§ WHAT IS BEING ASKED: Print the records exactly. Every mark must remain.

************

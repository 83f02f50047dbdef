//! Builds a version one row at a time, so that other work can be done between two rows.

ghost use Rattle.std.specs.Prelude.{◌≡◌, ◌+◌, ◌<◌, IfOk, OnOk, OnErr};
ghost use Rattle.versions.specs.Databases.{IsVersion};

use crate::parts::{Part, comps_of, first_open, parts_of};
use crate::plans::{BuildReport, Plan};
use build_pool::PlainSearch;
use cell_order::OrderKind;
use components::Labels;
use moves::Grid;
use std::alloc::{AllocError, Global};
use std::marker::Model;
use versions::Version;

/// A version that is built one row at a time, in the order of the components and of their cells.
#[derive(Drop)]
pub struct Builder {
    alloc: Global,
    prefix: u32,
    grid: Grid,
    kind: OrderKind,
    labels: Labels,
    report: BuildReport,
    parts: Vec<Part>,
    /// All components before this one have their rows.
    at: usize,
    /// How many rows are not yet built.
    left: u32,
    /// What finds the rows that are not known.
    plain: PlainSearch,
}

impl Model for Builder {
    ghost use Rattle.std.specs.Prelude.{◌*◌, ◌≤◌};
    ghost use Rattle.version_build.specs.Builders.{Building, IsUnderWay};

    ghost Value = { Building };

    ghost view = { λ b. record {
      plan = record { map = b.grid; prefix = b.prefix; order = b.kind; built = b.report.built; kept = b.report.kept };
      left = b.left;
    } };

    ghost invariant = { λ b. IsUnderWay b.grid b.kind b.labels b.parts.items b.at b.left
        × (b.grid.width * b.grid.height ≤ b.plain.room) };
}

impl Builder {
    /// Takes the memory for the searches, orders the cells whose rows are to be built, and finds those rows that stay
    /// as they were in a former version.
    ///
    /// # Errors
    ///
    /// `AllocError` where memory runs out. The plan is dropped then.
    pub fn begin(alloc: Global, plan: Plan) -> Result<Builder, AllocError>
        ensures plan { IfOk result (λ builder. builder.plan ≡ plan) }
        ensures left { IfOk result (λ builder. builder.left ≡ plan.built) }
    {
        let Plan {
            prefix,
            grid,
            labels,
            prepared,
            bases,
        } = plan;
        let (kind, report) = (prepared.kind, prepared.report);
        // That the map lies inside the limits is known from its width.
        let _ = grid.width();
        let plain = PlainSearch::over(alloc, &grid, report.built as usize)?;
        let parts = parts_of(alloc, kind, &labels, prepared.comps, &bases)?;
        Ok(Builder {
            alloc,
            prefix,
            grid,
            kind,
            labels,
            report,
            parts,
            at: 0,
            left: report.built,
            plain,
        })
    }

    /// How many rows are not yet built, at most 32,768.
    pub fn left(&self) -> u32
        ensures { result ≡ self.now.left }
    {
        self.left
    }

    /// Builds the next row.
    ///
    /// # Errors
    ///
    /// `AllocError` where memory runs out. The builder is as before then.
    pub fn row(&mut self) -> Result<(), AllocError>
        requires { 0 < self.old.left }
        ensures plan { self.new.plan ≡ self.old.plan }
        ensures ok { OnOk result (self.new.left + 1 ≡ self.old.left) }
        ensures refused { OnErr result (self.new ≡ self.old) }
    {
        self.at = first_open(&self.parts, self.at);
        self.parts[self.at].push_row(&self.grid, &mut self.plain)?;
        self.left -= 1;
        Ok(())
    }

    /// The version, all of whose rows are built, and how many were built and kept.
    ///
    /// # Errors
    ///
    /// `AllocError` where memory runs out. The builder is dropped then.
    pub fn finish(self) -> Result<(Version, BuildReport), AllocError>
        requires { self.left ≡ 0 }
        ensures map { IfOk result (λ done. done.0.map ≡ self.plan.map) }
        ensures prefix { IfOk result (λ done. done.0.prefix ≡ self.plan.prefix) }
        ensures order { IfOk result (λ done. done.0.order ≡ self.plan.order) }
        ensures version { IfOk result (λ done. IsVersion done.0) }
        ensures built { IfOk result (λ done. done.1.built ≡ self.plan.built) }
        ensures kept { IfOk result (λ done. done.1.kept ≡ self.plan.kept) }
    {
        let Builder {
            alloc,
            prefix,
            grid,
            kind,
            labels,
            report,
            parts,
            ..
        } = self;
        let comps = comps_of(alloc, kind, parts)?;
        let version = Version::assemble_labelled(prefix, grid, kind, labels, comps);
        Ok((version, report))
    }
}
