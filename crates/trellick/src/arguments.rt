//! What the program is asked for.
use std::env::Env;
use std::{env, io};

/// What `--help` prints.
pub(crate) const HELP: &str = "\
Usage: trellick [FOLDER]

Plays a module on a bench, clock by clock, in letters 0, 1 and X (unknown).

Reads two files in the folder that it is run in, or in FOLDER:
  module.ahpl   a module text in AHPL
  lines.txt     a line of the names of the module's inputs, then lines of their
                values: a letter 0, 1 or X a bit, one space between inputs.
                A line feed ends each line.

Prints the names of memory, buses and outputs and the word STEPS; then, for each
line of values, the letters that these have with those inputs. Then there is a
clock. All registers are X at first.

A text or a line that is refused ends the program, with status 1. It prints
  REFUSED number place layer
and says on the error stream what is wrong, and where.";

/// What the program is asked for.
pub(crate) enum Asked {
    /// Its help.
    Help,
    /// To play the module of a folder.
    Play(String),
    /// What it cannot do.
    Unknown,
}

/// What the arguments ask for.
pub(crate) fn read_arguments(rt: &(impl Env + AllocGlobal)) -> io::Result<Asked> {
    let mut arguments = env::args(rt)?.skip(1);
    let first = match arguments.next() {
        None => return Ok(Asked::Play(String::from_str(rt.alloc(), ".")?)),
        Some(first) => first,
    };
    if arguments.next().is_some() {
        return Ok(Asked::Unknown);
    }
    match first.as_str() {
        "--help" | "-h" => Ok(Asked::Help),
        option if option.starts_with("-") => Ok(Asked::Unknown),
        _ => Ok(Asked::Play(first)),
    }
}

************

§ WRITTEN SOLUTION:
repository 83f02f50047dbdef
//! Builds a version one row at a time, so that other work can be done between two rows.

ghost use Rattle.std.specs.Prelude.{◌≡◌, ◌+◌, ◌<◌, IfOk, OnOk, OnErr};
ghost use Rattle.versions.specs.Databases.{IsVersion};

use crate::parts::{Part, comps_of, first_open, parts_of};
use crate::plans::{BuildReport, Plan};
use build_pool::PlainSearch;
use cell_order::OrderKind;
use components::Labels;
use moves::Grid;
use std::alloc::{AllocError, Global};
use std::marker::Model;
use versions::Version;

/// A version that is built one row at a time, in the order of the components and of their cells.
#[derive(Drop)]
pub struct Builder {
    alloc: Global,
    prefix: u32,
    grid: Grid,
    kind: OrderKind,
    labels: Labels,
    report: BuildReport,
    parts: Vec<Part>,
    /// All components before this one have their rows.
    at: usize,
    /// How many rows are not yet built.
    left: u32,
    /// What finds the rows that are not known.
    plain: PlainSearch,
}

impl Model for Builder {
    ghost use Rattle.std.specs.Prelude.{◌*◌, ◌≤◌};
    ghost use Rattle.version_build.specs.Builders.{Building, IsUnderWay};

    ghost Value = { Building };

    ghost view = { λ b. record {
      plan = record { map = b.grid; prefix = b.prefix; order = b.kind; built = b.report.built; kept = b.report.kept };
      left = b.left;
    } };

    ghost invariant = { λ b. IsUnderWay b.grid b.kind b.labels b.parts.items b.at b.left
        × (b.grid.width * b.grid.height ≤ b.plain.room) };
}

impl Builder {
    /// Takes the memory for the searches, orders the cells whose rows are to be built, and finds those rows that stay
    /// as they were in a former version.
    ///
    /// # Errors
    ///
    /// `AllocError` where memory runs out. The plan is dropped then.
    pub fn begin(alloc: Global, plan: Plan) -> Result<Builder, AllocError>
        ensures plan { IfOk result (λ builder. builder.plan ≡ plan) }
        ensures left { IfOk result (λ builder. builder.left ≡ plan.built) }
    {
        let Plan {
            prefix,
            grid,
            labels,
            prepared,
            bases,
        } = plan;
        let (kind, report) = (prepared.kind, prepared.report);
        // That the map lies inside the limits is known from its width.
        let _ = grid.width();
        let plain = PlainSearch::over(alloc, &grid, report.built as usize)?;
        let parts = parts_of(alloc, kind, &labels, prepared.comps, &bases)?;
        Ok(Builder {
            alloc,
            prefix,
            grid,
            kind,
            labels,
            report,
            parts,
            at: 0,
            left: report.built,
            plain,
        })
    }

    /// How many rows are not yet built, at most 32,768.
    pub fn left(&self) -> u32
        ensures { result ≡ self.now.left }
    {
        self.left
    }

    /// Builds the next row.
    ///
    /// # Errors
    ///
    /// `AllocError` where memory runs out. The builder is as before then.
    pub fn row(&mut self) -> Result<(), AllocError>
        requires { 0 < self.old.left }
        ensures plan { self.new.plan ≡ self.old.plan }
        ensures ok { OnOk result (self.new.left + 1 ≡ self.old.left) }
        ensures refused { OnErr result (self.new ≡ self.old) }
    {
        self.at = first_open(&self.parts, self.at);
        self.parts[self.at].push_row(&self.grid, &mut self.plain)?;
        self.left -= 1;
        Ok(())
    }

    /// The version, all of whose rows are built, and how many were built and kept.
    ///
    /// # Errors
    ///
    /// `AllocError` where memory runs out. The builder is dropped then.
    pub fn finish(self) -> Result<(Version, BuildReport), AllocError>
        requires { self.left ≡ 0 }
        ensures map { IfOk result (λ done. done.0.map ≡ self.plan.map) }
        ensures prefix { IfOk result (λ done. done.0.prefix ≡ self.plan.prefix) }
        ensures order { IfOk result (λ done. done.0.order ≡ self.plan.order) }
        ensures version { IfOk result (λ done. IsVersion done.0) }
        ensures built { IfOk result (λ done. done.1.built ≡ self.plan.built) }
        ensures kept { IfOk result (λ done. done.1.kept ≡ self.plan.kept) }
    {
        let Builder {
            alloc,
            prefix,
            grid,
            kind,
            labels,
            report,
            parts,
            ..
        } = self;
        let comps = comps_of(alloc, kind, parts)?;
        let version = Version::assemble_labelled(prefix, grid, kind, labels, comps);
        Ok((version, report))
    }
}
filename crates/trellick/src/arguments.rt
//! What the program is asked for.
use std::env::Env;
use std::{env, io};

/// What `--help` prints.
pub(crate) const HELP: &str = "\
Usage: trellick [FOLDER]

Plays a module on a bench, clock by clock, in letters 0, 1 and X (unknown).

Reads two files in the folder that it is run in, or in FOLDER:
  module.ahpl   a module text in AHPL
  lines.txt     a line of the names of the module's inputs, then lines of their
                values: a letter 0, 1 or X a bit, one space between inputs.
                A line feed ends each line.

Prints the names of memory, buses and outputs and the word STEPS; then, for each
line of values, the letters that these have with those inputs. Then there is a
clock. All registers are X at first.

A text or a line that is refused ends the program, with status 1. It prints
  REFUSED number place layer
and says on the error stream what is wrong, and where.";

/// What the program is asked for.
pub(crate) enum Asked {
    /// Its help.
    Help,
    /// To play the module of a folder.
    Play(String),
    /// What it cannot do.
    Unknown,
}

/// What the arguments ask for.
pub(crate) fn read_arguments(rt: &(impl Env + AllocGlobal)) -> io::Result<Asked> {
    let mut arguments = env::args(rt)?.skip(1);
    let first = match arguments.next() {
        None => return Ok(Asked::Play(String::from_str(rt.alloc(), ".")?)),
        Some(first) => first,
    };
    if arguments.next().is_some() {
        return Ok(Asked::Unknown);
    }
    match first.as_str() {
        "--help" | "-h" => Ok(Asked::Help),
        option if option.starts_with("-") => Ok(Asked::Unknown),
        _ => Ok(Asked::Play(first)),
    }
}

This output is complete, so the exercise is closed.